▶ _EXERCISE REQUIREMENTS_
Here is the task for the records below: repeat exactly the lines from the one with "for k in 0..from.len()" to the one with "more by posts.", both included, and nothing else.
■ ■ ■
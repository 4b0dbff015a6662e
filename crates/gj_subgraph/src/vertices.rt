//! The vertices of one side, by numbers.

/// The side of some edges: its vertex for each edge, its vertices each once in the order of their first edges, how many
/// edges each of these has, and for each edge the number of its vertex among them.
#[derive(Drop)]
pub struct Vertices {
    pub side: Vec<u64>,
    pub names: Vec<u64>,
    pub degrees: Vec<u32>,
    pub places: Vec<u32>,
}
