//! One half step.
ghost use Rattle.std.specs.Prelude.{◌≡◌, ℕ, ◌+◌, ◌-◌, ◌/◌, ◌%◌, ◌^◌, ◌<◌, min, sum, length, slice_index, slice_set, IfOk};
ghost use Rattle.gj_subgraph.specs.Masses.{half_step};
ghost use Rattle.gj_subgraph.specs.Numbers.{AreNumbered, units_in};

use crate::number::{add, push, with_room, zeros};
use crate::vertices::Vertices;
use gj_base::Memory;
use std::alloc::Global;

/// For each vertex the even part of its units that each edge carries, and how many first edges carry one more.
fn parts_of(alloc: Global, degrees: &[u32], units: &[u32]) -> Result<(Vec<u32>, Vec<u32>), Memory>
    requires same_len { length degrees.now ≡ length units.now }
    requires positive { (u : ℕ) → u < length units.now → 0 < slice_index degrees.now u }
    ensures parts_len { IfOk result (λ r. length r.0.items ≡ length units.now) }
    ensures parts { IfOk result (λ r. (u : ℕ) → u < length units.now → slice_index r.0.items u ≡ slice_index units.now u / slice_index degrees.now u) }
    ensures more_len { IfOk result (λ r. length r.1.items ≡ length units.now) }
    ensures more { IfOk result (λ r. (u : ℕ) → u < length units.now → slice_index r.1.items u ≡ slice_index units.now u % slice_index degrees.now u) }
{
    let mut parts = with_room(alloc, units.len())?;
    let mut more = with_room(alloc, units.len())?;
    for u in 0..units.len() {
        push(&mut parts, units[u] / degrees[u])?;
        push(&mut more, units[u] % degrees[u])?;
    }
    Ok((parts, more))
}

/// What the next edge of a vertex carries.
fn take_part(parts: &[u32], more: &mut Vec<u32>, u: usize) -> u32
    requires parts { u < length parts.now }
    requires more { u < length more.old.items }
    requires fits { slice_index parts.now u < 2 ^ 31 }
    ensures part { result ≡ slice_index parts.now u + min (slice_index more.old.items u) 1 }
    ensures more { more.new.items ≡ slice_set more.old.items u (slice_index more.old.items u - 1) }
{
    let left = more[u];
    more[u] = left.saturating_sub(1);
    parts[u] + left.min(1)
}

/// The units at the vertices of the far side after a half step, by those of the near side: one pass over the edges.
pub fn half_step(
    alloc: Global,
    near: &Vertices,
    far: &Vertices,
    units: &[u32],
) -> Result<Vec<u32>, Memory>
    requires near { AreNumbered near.now }
    requires far { AreNumbered far.now }
    requires edges { length near.now.side.items ≡ length far.now.side.items }
    requires units { length units.now ≡ length near.now.names.items }
    requires small { sum units.now < 2 ^ 31 }
    ensures len { IfOk result (λ out. length out.items ≡ length far.now.names.items) }
    ensures exact { IfOk result (λ out. units_in far.now.names.items out.items
        ≡ half_step near.now.side.items far.now.side.items (units_in near.now.names.items units.now)) }
    ensures kept { IfOk result (λ out. sum out.items ≡ sum units.now) }
{
    let (parts, mut more) = parts_of(alloc, near.degrees.as_slice(), units)?;
    let mut out = zeros(alloc, far.names.len())?;
    let from = near.places.as_slice();
    let to = far.places.as_slice();
    for k in 0..from.len() {
        let part = take_part(parts.as_slice(), &mut more, from[k] as usize);
        add(&mut out, to[k] as usize, part);
    }
    Ok(out)
}
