//! Half steps over edges that lie by users, and once more by posts.
ghost use Rattle.std.specs.Prelude.{◌≡◌, ℕ, List, ◌-◌, ◌*◌, ◌^◌, ◌<◌, ◌≤◌, true, length, sum, slice_index, IfOk};
ghost use Rattle.gj_base.specs.Edges.{stands_in};
ghost use Rattle.gj_subgraph.specs.Masses.{vertices, half_step, spread, starting};
ghost use Rattle.gj_subgraph.specs.Numbers.{AreNumbers, AreNumbered, ArePlaced, units_in};
ghost use Rattle.gj_subgraph.specs.Regrouped.{AreRelaid, HaveSameEdges};

use crate::masses::started;
use crate::number::{number_of, push, with_room};
use crate::step::half_step;
use crate::vertices::Vertices;
use gj_base::Memory;
use std::alloc::Global;
use std::collections::HashMap;

/// The numbers of the vertices of a side.
fn numbers_of(alloc: Global, side: &[u64]) -> Result<HashMap<u64, usize>, Memory>
    ensures { IfOk result (λ numbers. AreNumbers numbers (vertices side.now)) }
{
    let mut numbers = HashMap::new(alloc);
    let mut names = Vec::new(alloc);
    for id in side {
        number_of(&mut numbers, &mut names, *id)?;
    }
    Ok(numbers)
}

/// The number of a vertex that has one.
fn number_in(numbers: &HashMap<u64, usize>, id: u64) -> usize
    ensures { (names : List ℕ) → AreNumbers numbers.now names → stands_in names id ≡ true → (result < length names) × (slice_index names result ≡ id) }
{
    match numbers.get(&id).copied() {
        Some(number) => number,
        None => 0,
    }
}

/// For each vertex of one numbering its number in another.
fn matched(alloc: Global, from: &Vertices, to: &Vertices) -> Result<Vec<usize>, Memory>
    requires from { AreNumbered from.now }
    requires known { (k : ℕ) → k < length to.now.names.items → stands_in from.now.names.items (slice_index to.now.names.items k) ≡ true }
    ensures { IfOk result (λ places. ArePlaced to.now.names.items from.now.names.items places.items) }
{
    let numbers = numbers_of(alloc, from.side.as_slice())?;
    let names = to.names.as_slice();
    let mut places = with_room(alloc, names.len())?;
    for k in 0..names.len() {
        push(&mut places, number_in(&numbers, names[k]))?;
    }
    Ok(places)
}

/// The units by the numbers of another numbering.
fn renumbered(alloc: Global, places: &[usize], units: &[u32]) -> Result<Vec<u32>, Memory>
    requires { (k : ℕ) → k < length places.now → slice_index places.now k < length units.now }
    ensures len { IfOk result (λ out. length out.items ≡ length places.now) }
    ensures exact { IfOk result (λ out. (k : ℕ) → k < length places.now → slice_index out.items k ≡ slice_index units.now (slice_index places.now k)) }
{
    let mut out = with_room(alloc, places.len())?;
    for k in 0..places.len() {
        push(&mut out, units[places[k]])?;
    }
    Ok(out)
}

/// The units at the posts after one half step to the users and one back.
fn next_units(
    alloc: Global,
    users: &Vertices,
    posts: &Vertices,
    back_posts: &Vertices,
    back_users: &Vertices,
    to_posts: &[usize],
    to_users: &[usize],
    units: &[u32],
) -> Result<Vec<u32>, Memory>
    requires users { AreNumbered users.now }
    requires posts { AreNumbered posts.now }
    requires back_posts { AreNumbered back_posts.now }
    requires back_users { AreNumbered back_users.now }
    requires relaid { AreRelaid users.now.side.items posts.now.side.items back_posts.now.side.items back_users.now.side.items }
    requires to_posts { ArePlaced back_posts.now.names.items posts.now.names.items to_posts.now }
    requires to_users { ArePlaced users.now.names.items back_users.now.names.items to_users.now }
    requires units { length units.now ≡ length posts.now.names.items }
    requires small { sum units.now < 2 ^ 31 }
    ensures len { IfOk result (λ out. length out.items ≡ length posts.now.names.items) }
    ensures kept { IfOk result (λ out. sum out.items ≡ sum units.now) }
    ensures exact { IfOk result (λ out. (near far : List ℕ)
        → HaveSameEdges users.now.side.items posts.now.side.items near far
        → HaveSameEdges back_posts.now.side.items back_users.now.side.items far near
        → units_in posts.now.names.items out.items ≡ half_step near far (half_step far near (units_in posts.now.names.items units.now))) }
{
    let start = renumbered(alloc, to_posts, units)?;
    let back = half_step(alloc, back_posts, back_users, start.as_slice())?;
    let again = renumbered(alloc, to_users, back.as_slice())?;
    let out = half_step(alloc, users, posts, again.as_slice())?;
    Ok(out)
}

/// The units at the posts after the last half step: those to the posts go by the edges of the users, and those back by the
/// edges of the posts.
pub fn relaid_units(
    alloc: Global,
    users: &Vertices,
    posts: &Vertices,
    back_posts: &Vertices,
    back_users: &Vertices,
    iterations: u32,
) -> Result<Vec<u32>, Memory>
    requires users { AreNumbered users.now }
    requires posts { AreNumbered posts.now }
    requires back_posts { AreNumbered back_posts.now }
    requires back_users { AreNumbered back_users.now }
    requires relaid { AreRelaid users.now.side.items posts.now.side.items back_posts.now.side.items back_users.now.side.items }
    requires few { length users.now.names.items ≤ 1000 }
    requires some { 0 < iterations }
    ensures len { IfOk result (λ units. length units.items ≡ length posts.now.names.items) }
    ensures exact { IfOk result (λ units. (near far : List ℕ)
        → HaveSameEdges users.now.side.items posts.now.side.items near far
        → HaveSameEdges back_posts.now.side.items back_users.now.side.items far near
        → units_in posts.now.names.items units.items ≡ spread (2 * iterations - 1) near far (starting near)) }
{
    let to_posts = matched(alloc, posts, back_posts)?;
    let to_users = matched(alloc, back_users, users)?;
    let start = started(alloc, users.names.len())?;
    let mut units = half_step(alloc, users, posts, start.as_slice())?;
    for _i in 1..iterations {
        units = next_units(
            alloc,
            users,
            posts,
            back_posts,
            back_users,
            to_posts.as_slice(),
            to_users.as_slice(),
            units.as_slice(),
        )?;
    }
    Ok(units)
}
■ ■ ■
▶ _SOLUTION FOR THIS PROBLEM_
    for k in 0..from.len() {
        let part = take_part(parts.as_slice(), &mut more, from[k] as usize);
        add(&mut out, to[k] as usize, part);
    }
    Ok(out)
}
//! Half steps over edges that lie by users, and once more by posts.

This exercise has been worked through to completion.